| RECORDS FOR THE TASK |
##############################

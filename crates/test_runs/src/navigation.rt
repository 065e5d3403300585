//! Runs of Nav2's nodes.

use crate::compare::compare_rows;
use crate::controls::ALL_SKIPPED;
use std::test::Fail;

const HELPED_TWICE: &str = "\
tick 1 at 0
node 1 IDLE RUNNING
call 2 start FAILURE
node 2 IDLE FAILURE
node 2 FAILURE IDLE
call 3 start SUCCESS
node 3 IDLE SUCCESS
node 3 SUCCESS IDLE
call 2 start FAILURE
node 2 IDLE FAILURE
node 2 FAILURE IDLE
call 3 start SUCCESS
node 3 IDLE SUCCESS
node 3 SUCCESS IDLE
call 2 start SUCCESS
node 2 IDLE SUCCESS
node 2 SUCCESS IDLE
node 1 RUNNING SUCCESS
root 1 SUCCESS
node 1 SUCCESS IDLE
finish 1 at 0
Done";

const HELPED_ONCE: &str = "\
tick 1 at 0
node 1 IDLE RUNNING
call 2 start FAILURE
node 2 IDLE FAILURE
node 2 FAILURE IDLE
call 3 start SUCCESS
node 3 IDLE SUCCESS
node 3 SUCCESS IDLE
call 2 start FAILURE
node 2 IDLE FAILURE
node 2 FAILURE IDLE
node 1 RUNNING FAILURE
root 1 FAILURE
node 1 FAILURE IDLE
finish 1 at 0
Done";

const NO_HELP: &str = "\
tick 1 at 0
node 1 IDLE RUNNING
call 2 start FAILURE
node 2 IDLE FAILURE
node 2 FAILURE IDLE
call 3 start FAILURE
node 3 IDLE FAILURE
node 3 FAILURE IDLE
node 1 RUNNING FAILURE
root 1 FAILURE
node 1 FAILURE IDLE
finish 1 at 0
Done";

const HELP_LASTS: &str = "\
tick 1 at 0
node 1 IDLE RUNNING
call 2 start FAILURE
node 2 IDLE FAILURE
node 2 FAILURE IDLE
call 3 start RUNNING
node 3 IDLE RUNNING
root 1 RUNNING
tick 1 at 10
call 3 running RUNNING
root 1 RUNNING
tick 1 at 20
call 3 running SUCCESS
node 3 RUNNING SUCCESS
node 3 SUCCESS IDLE
call 2 start SUCCESS
node 2 IDLE SUCCESS
node 2 SUCCESS IDLE
node 1 RUNNING SUCCESS
root 1 SUCCESS
node 1 SUCCESS IDLE
finish 1 at 20
Done";

const HELP_HALTED: &str = "\
tick 1 at 0
node 1 IDLE RUNNING
call 2 start RUNNING
node 2 IDLE RUNNING
root 1 RUNNING
tick 1 at 10
call 2 running FAILURE
node 2 RUNNING FAILURE
node 2 FAILURE IDLE
call 3 start RUNNING
node 3 IDLE RUNNING
root 1 RUNNING
halt 1 at 10
call 3 halted
node 3 RUNNING IDLE
node 1 RUNNING IDLE
tick 1 at 10
node 1 IDLE RUNNING
call 2 start RUNNING
node 2 IDLE RUNNING
root 1 RUNNING
finish 1 at 10
call 2 halted
node 2 RUNNING IDLE
node 1 RUNNING IDLE
Done";

const NO_RETRIES: &str = "\
tick 1 at 0
node 1 IDLE RUNNING
call 2 start FAILURE
node 2 IDLE FAILURE
node 2 FAILURE IDLE
node 1 RUNNING FAILURE
root 1 FAILURE
node 1 FAILURE IDLE
finish 1 at 0
Done";

const NO_NUMBER: &str = "\
tick 1 at 0
node 1 IDLE RUNNING
fault 1 1 BadPort number_of_retries
Fault";

/// RecoveryNodes, with the traces of their runs.
#[test]
fn recoveries_help(rt: HostRuntime) -> Result<(), Fail> {
    compare_rows(
        &rt,
        rt.alloc(),
        &[
            (
                "<RecoveryNode number_of_retries=\"2\"><A/><B/></RecoveryNode>",
                "action A replay 0 FFS / condition B when 1 / tick 1",
                HELPED_TWICE,
            ),
            (
                "<RecoveryNode number_of_retries=\"1\"><A/><B/></RecoveryNode>",
                "action A replay 0 FFS / condition B when 1 / tick 1",
                HELPED_ONCE,
            ),
            (
                "<RecoveryNode number_of_retries=\"2\"><A/><B/></RecoveryNode>",
                "condition A when 0 / action B replay 0 FS / tick 1",
                NO_HELP,
            ),
            (
                "<RecoveryNode><A/><B/></RecoveryNode>",
                "action A replay 0 FS / action B timed 20 / tick 1 / at 10 / tick 1 / at 20 / \
                tick 1",
                HELP_LASTS,
            ),
            (
                "<RecoveryNode><A/><B/></RecoveryNode>",
                "action A replay 10 FS / action B timed 10 / tick 1 / at 10 / tick 1 / halt 1 / \
                tick 1",
                HELP_HALTED,
            ),
            (
                "<RecoveryNode number_of_retries=\"0\"><A/><B/></RecoveryNode>",
                "condition A when 0 / condition B when 1 / tick 1",
                NO_RETRIES,
            ),
            (
                "<RecoveryNode><A/><B _skipIf=\"1\"/></RecoveryNode>",
                "condition A when 0 / condition B when 1 / tick 1",
                NO_RETRIES,
            ),
            (
                "<RecoveryNode><A _skipIf=\"1\"/><B/></RecoveryNode>",
                "condition A when 0 / condition B when 1 / tick 1",
                ALL_SKIPPED,
            ),
            (
                "<RecoveryNode number_of_retries=\"{n}\"><A/><B/></RecoveryNode>",
                "condition A when 0 / condition B when 1 / tick 1",
                NO_NUMBER,
            ),
        ],
    )?;
    Ok(())
}

const SECOND_AGAIN: &str = "\
tick 1 at 0
node 1 IDLE RUNNING
call 2 start SUCCESS
node 2 IDLE SUCCESS
call 3 start RUNNING
node 3 IDLE RUNNING
root 1 RUNNING
tick 1 at 10
call 2 start SUCCESS
call 3 running RUNNING
root 1 RUNNING
tick 1 at 20
call 2 start SUCCESS
call 3 running SUCCESS
node 3 RUNNING SUCCESS
call 4 start RUNNING
node 4 IDLE RUNNING
root 1 RUNNING
tick 1 at 30
call 2 start SUCCESS
call 3 start RUNNING
node 3 SUCCESS RUNNING
call 4 running SUCCESS
node 4 RUNNING SUCCESS
node 2 SUCCESS IDLE
call 3 halted
node 3 RUNNING IDLE
node 4 SUCCESS IDLE
node 1 RUNNING SUCCESS
root 1 SUCCESS
node 1 SUCCESS IDLE
finish 1 at 30
Done";

const FIRST_FAILS_LATER: &str = "\
tick 1 at 0
node 1 IDLE RUNNING
call 2 start SUCCESS
node 2 IDLE SUCCESS
call 3 start RUNNING
node 3 IDLE RUNNING
root 1 RUNNING
set x 1 at 10
fact x 1
tick 1 at 10
call 2 start FAILURE
node 2 SUCCESS FAILURE
node 2 FAILURE IDLE
call 3 halted
node 3 RUNNING IDLE
node 1 RUNNING FAILURE
root 1 FAILURE
node 1 FAILURE IDLE
finish 1 at 10
Done";

const FARTHEST_FAILS: &str = "\
tick 1 at 0
node 1 IDLE RUNNING
call 2 start RUNNING
node 2 IDLE RUNNING
root 1 RUNNING
tick 1 at 10
call 2 running SUCCESS
node 2 RUNNING SUCCESS
call 3 start RUNNING
node 3 IDLE RUNNING
root 1 RUNNING
tick 1 at 20
call 2 start RUNNING
node 2 SUCCESS RUNNING
call 3 running FAILURE
node 3 RUNNING FAILURE
call 2 halted
node 2 RUNNING IDLE
node 3 FAILURE IDLE
node 1 RUNNING FAILURE
root 1 FAILURE
node 1 FAILURE IDLE
finish 1 at 20
Done";

const SKIPPED_LATER: &str = "\
tick 1 at 0
node 1 IDLE RUNNING
node 2 IDLE SUCCESS
node 3 IDLE RUNNING
call 4 start SUCCESS
node 4 IDLE SUCCESS
call 5 start RUNNING
node 5 IDLE RUNNING
root 1 RUNNING
board 1 0 k 1
tick 1 at 10
node 4 SUCCESS IDLE
call 5 running RUNNING
root 1 RUNNING
halt 1 at 10
node 2 SUCCESS IDLE
call 5 halted
node 5 RUNNING IDLE
node 3 RUNNING IDLE
node 1 RUNNING IDLE
finish 1 at 10
Done";

/// PipelineSequences, with the traces of their runs.
#[test]
fn pipelines_begin_at_the_first_child(rt: HostRuntime) -> Result<(), Fail> {
    compare_rows(
        &rt,
        rt.alloc(),
        &[
            (
                "<PipelineSequence><A/><B/><C/></PipelineSequence>",
                "condition A when 1 / action B timed 20 / action C timed 10 / tick 1 / at 10 / \
                tick 1 / at 20 / tick 1 / at 30 / tick 1",
                SECOND_AGAIN,
            ),
            (
                "<PipelineSequence><A/><B/></PipelineSequence>",
                "fact x 0 / condition A is x == 0 / action B timed 20 / tick 1 / at 10 / \
                set x 1 / tick 1",
                FIRST_FAILS_LATER,
            ),
            (
                "<PipelineSequence><A/><B/></PipelineSequence>",
                "action A timed 10 / action B replay 10 F / tick 1 / at 10 / tick 1 / at 20 / \
                tick 1",
                FARTHEST_FAILS,
            ),
            (
                "<Sequence><Script code=\"k := 0\"/>\
                <PipelineSequence><A _skipIf=\"k == 1\" _onSuccess=\"k := 1\"/><B/>\
                </PipelineSequence></Sequence>",
                "condition A when 1 / action B timed 20 / tick 1 / at 10 / tick 1 / halt 1",
                SKIPPED_LATER,
            ),
            (
                "<PipelineSequence><A _skipIf=\"1\"/><B _skipIf=\"1\"/></PipelineSequence>",
                "condition A when 1 / condition B when 1 / tick 1",
                ALL_SKIPPED,
            ),
        ],
    )?;
    Ok(())
}

const IN_TURN: &str = "\
tick 1 at 0
node 1 IDLE RUNNING
call 2 start SUCCESS
node 2 IDLE SUCCESS
node 2 SUCCESS IDLE
node 1 RUNNING SUCCESS
root 1 SUCCESS
node 1 SUCCESS IDLE
tick 1 at 0
node 1 IDLE RUNNING
call 3 start SUCCESS
node 3 IDLE SUCCESS
node 3 SUCCESS IDLE
node 1 RUNNING SUCCESS
root 1 SUCCESS
node 1 SUCCESS IDLE
tick 1 at 0
node 1 IDLE RUNNING
call 4 start SUCCESS
node 4 IDLE SUCCESS
node 4 SUCCESS IDLE
node 1 RUNNING SUCCESS
root 1 SUCCESS
node 1 SUCCESS IDLE
tick 1 at 0
node 1 IDLE RUNNING
call 2 start SUCCESS
node 2 IDLE SUCCESS
node 2 SUCCESS IDLE
node 1 RUNNING SUCCESS
root 1 SUCCESS
node 1 SUCCESS IDLE
finish 1 at 0
Done";

const TURN_HALTED: &str = "\
tick 1 at 0
node 1 IDLE RUNNING
call 2 start SUCCESS
node 2 IDLE SUCCESS
node 2 SUCCESS IDLE
node 1 RUNNING SUCCESS
root 1 SUCCESS
node 1 SUCCESS IDLE
tick 1 at 0
node 1 IDLE RUNNING
call 3 start RUNNING
node 3 IDLE RUNNING
root 1 RUNNING
halt 1 at 0
call 3 halted
node 3 RUNNING IDLE
node 1 RUNNING IDLE
tick 1 at 0
node 1 IDLE RUNNING
call 2 start SUCCESS
node 2 IDLE SUCCESS
node 2 SUCCESS IDLE
node 1 RUNNING SUCCESS
root 1 SUCCESS
node 1 SUCCESS IDLE
finish 1 at 0
Done";

const PAST_THE_LAST: &str = "\
tick 1 at 0
node 1 IDLE RUNNING
call 2 start SUCCESS
node 2 IDLE SUCCESS
node 2 SUCCESS IDLE
node 1 RUNNING SUCCESS
root 1 SUCCESS
node 1 SUCCESS IDLE
tick 1 at 0
node 1 IDLE RUNNING
call 3 start FAILURE
node 3 IDLE FAILURE
node 3 FAILURE IDLE
call 4 start FAILURE
node 4 IDLE FAILURE
node 4 FAILURE IDLE
call 2 start SUCCESS
node 2 IDLE SUCCESS
node 2 SUCCESS IDLE
node 1 RUNNING SUCCESS
root 1 SUCCESS
node 1 SUCCESS IDLE
finish 1 at 0
Done";

const NONE_SUCCEEDS: &str = "\
tick 1 at 0
node 1 IDLE RUNNING
call 2 start FAILURE
node 2 IDLE FAILURE
node 2 FAILURE IDLE
call 4 start RUNNING
node 4 IDLE RUNNING
root 1 RUNNING
tick 1 at 10
call 4 running FAILURE
node 4 RUNNING FAILURE
node 4 FAILURE IDLE
node 1 RUNNING FAILURE
root 1 FAILURE
node 1 FAILURE IDLE
tick 1 at 10
node 1 IDLE RUNNING
call 2 start FAILURE
node 2 IDLE FAILURE
node 2 FAILURE IDLE
call 4 start RUNNING
node 4 IDLE RUNNING
root 1 RUNNING
finish 1 at 10
call 4 halted
node 4 RUNNING IDLE
node 1 RUNNING IDLE
Done";

/// RoundRobins, with the traces of their runs.
#[test]
fn robins_go_round(rt: HostRuntime) -> Result<(), Fail> {
    compare_rows(
        &rt,
        rt.alloc(),
        &[
            (
                "<RoundRobin><A/><B/><C/></RoundRobin>",
                "condition A when 1 / condition B when 1 / condition C when 1 / tick 1 / tick 1 / \
                tick 1 / tick 1",
                IN_TURN,
            ),
            (
                "<RoundRobin><A/><B/><C/></RoundRobin>",
                "condition A when 1 / action B timed 10 / condition C when 1 / tick 1 / tick 1 / \
                halt 1 / tick 1",
                TURN_HALTED,
            ),
            (
                "<RoundRobin><A/><B/><C/></RoundRobin>",
                "condition A when 1 / condition B when 0 / condition C when 0 / tick 1 / tick 1",
                PAST_THE_LAST,
            ),
            (
                "<RoundRobin><A/><B _skipIf=\"1\"/><C/></RoundRobin>",
                "condition A when 0 / condition B when 1 / action C replay 10 F / tick 1 / \
                at 10 / tick 1 / tick 1",
                NONE_SUCCEEDS,
            ),
            (
                "<RoundRobin><A _skipIf=\"1\"/><B _skipIf=\"1\"/></RoundRobin>",
                "condition A when 1 / condition B when 1 / tick 1",
                ALL_SKIPPED,
            ),
        ],
    )?;
    Ok(())
}

const ONCE_A_SECOND: &str = "\
tick 1 at 0
node 1 IDLE RUNNING
node 2 IDLE RUNNING
call 3 start SUCCESS
node 3 IDLE SUCCESS
node 3 SUCCESS IDLE
node 2 RUNNING SUCCESS
call 4 start RUNNING
node 4 IDLE RUNNING
root 1 RUNNING
tick 1 at 400
node 2 SUCCESS RUNNING
call 4 running RUNNING
root 1 RUNNING
tick 1 at 800
call 4 running RUNNING
root 1 RUNNING
tick 1 at 1000
call 3 start SUCCESS
node 3 IDLE SUCCESS
node 3 SUCCESS IDLE
node 2 RUNNING SUCCESS
call 4 running RUNNING
root 1 RUNNING
tick 1 at 1200
node 2 SUCCESS RUNNING
call 4 running RUNNING
root 1 RUNNING
finish 1 at 1200
node 2 RUNNING IDLE
call 4 halted
node 4 RUNNING IDLE
node 1 RUNNING IDLE
Done";

const NO_PACE: &str = "\
tick 1 at 0
node 1 IDLE RUNNING
node 2 IDLE RUNNING
call 3 start SUCCESS
node 3 IDLE SUCCESS
node 3 SUCCESS IDLE
node 2 RUNNING SUCCESS
call 4 start RUNNING
node 4 IDLE RUNNING
node 2 SUCCESS IDLE
root 1 RUNNING
tick 1 at 400
node 2 IDLE RUNNING
call 3 start SUCCESS
node 3 IDLE SUCCESS
node 3 SUCCESS IDLE
node 2 RUNNING SUCCESS
call 4 running RUNNING
node 2 SUCCESS IDLE
root 1 RUNNING
finish 1 at 400
call 4 halted
node 4 RUNNING IDLE
node 1 RUNNING IDLE
Done";

const CHILD_LASTS: &str = "\
tick 1 at 0
node 1 IDLE RUNNING
node 2 IDLE RUNNING
call 3 start RUNNING
node 3 IDLE RUNNING
root 1 RUNNING
tick 1 at 1
call 3 running RUNNING
root 1 RUNNING
tick 1 at 300
call 3 running SUCCESS
node 3 RUNNING SUCCESS
node 3 SUCCESS IDLE
node 2 RUNNING SUCCESS
call 4 start RUNNING
node 4 IDLE RUNNING
root 1 RUNNING
tick 1 at 699
node 2 SUCCESS RUNNING
call 4 running RUNNING
root 1 RUNNING
tick 1 at 700
call 3 start RUNNING
node 3 IDLE RUNNING
call 4 running RUNNING
root 1 RUNNING
finish 1 at 700
call 3 halted
node 3 RUNNING IDLE
node 2 RUNNING IDLE
call 4 halted
node 4 RUNNING IDLE
node 1 RUNNING IDLE
Done";

const NO_RATE: &str = "\
tick 1 at 0
node 1 IDLE RUNNING
fault 1 1 BadPort hz
Fault";

/// RateControllers, with the traces of their runs.
#[test]
fn rates_are_kept(rt: HostRuntime) -> Result<(), Fail> {
    compare_rows(
        &rt,
        rt.alloc(),
        &[
            (
                "<PipelineSequence><RateController hz=\"1\"><A/></RateController><B/>\
                </PipelineSequence>",
                "condition A when 1 / action B timed 5000 / tick 1 / at 400 / tick 1 / at 800 / \
                tick 1 / at 1000 / tick 1 / at 1200 / tick 1",
                ONCE_A_SECOND,
            ),
            (
                "<ReactiveSequence><RateController hz=\"1\"><A/></RateController><B/>\
                </ReactiveSequence>",
                "condition A when 1 / action B timed 5000 / tick 1 / at 400 / tick 1",
                NO_PACE,
            ),
            (
                "<PipelineSequence><RateController hz=\"2.5\"><A/></RateController><B/>\
                </PipelineSequence>",
                "action A timed 300 / action B timed 5000 / tick 1 / at 1 / tick 1 / at 300 / \
                tick 1 / at 699 / tick 1 / at 700 / tick 1",
                CHILD_LASTS,
            ),
            (
                "<RateController hz=\"{r}\"><A/></RateController>",
                "condition A when 1 / tick 1",
                NO_RATE,
            ),
        ],
    )?;
    Ok(())
}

##############################

Your reply should hold every line from the data that contains "fact", copied in full.

fact x 1
                "fact x 0 / condition A is x == 0 / action B timed 20 / tick 1 / at 10 / \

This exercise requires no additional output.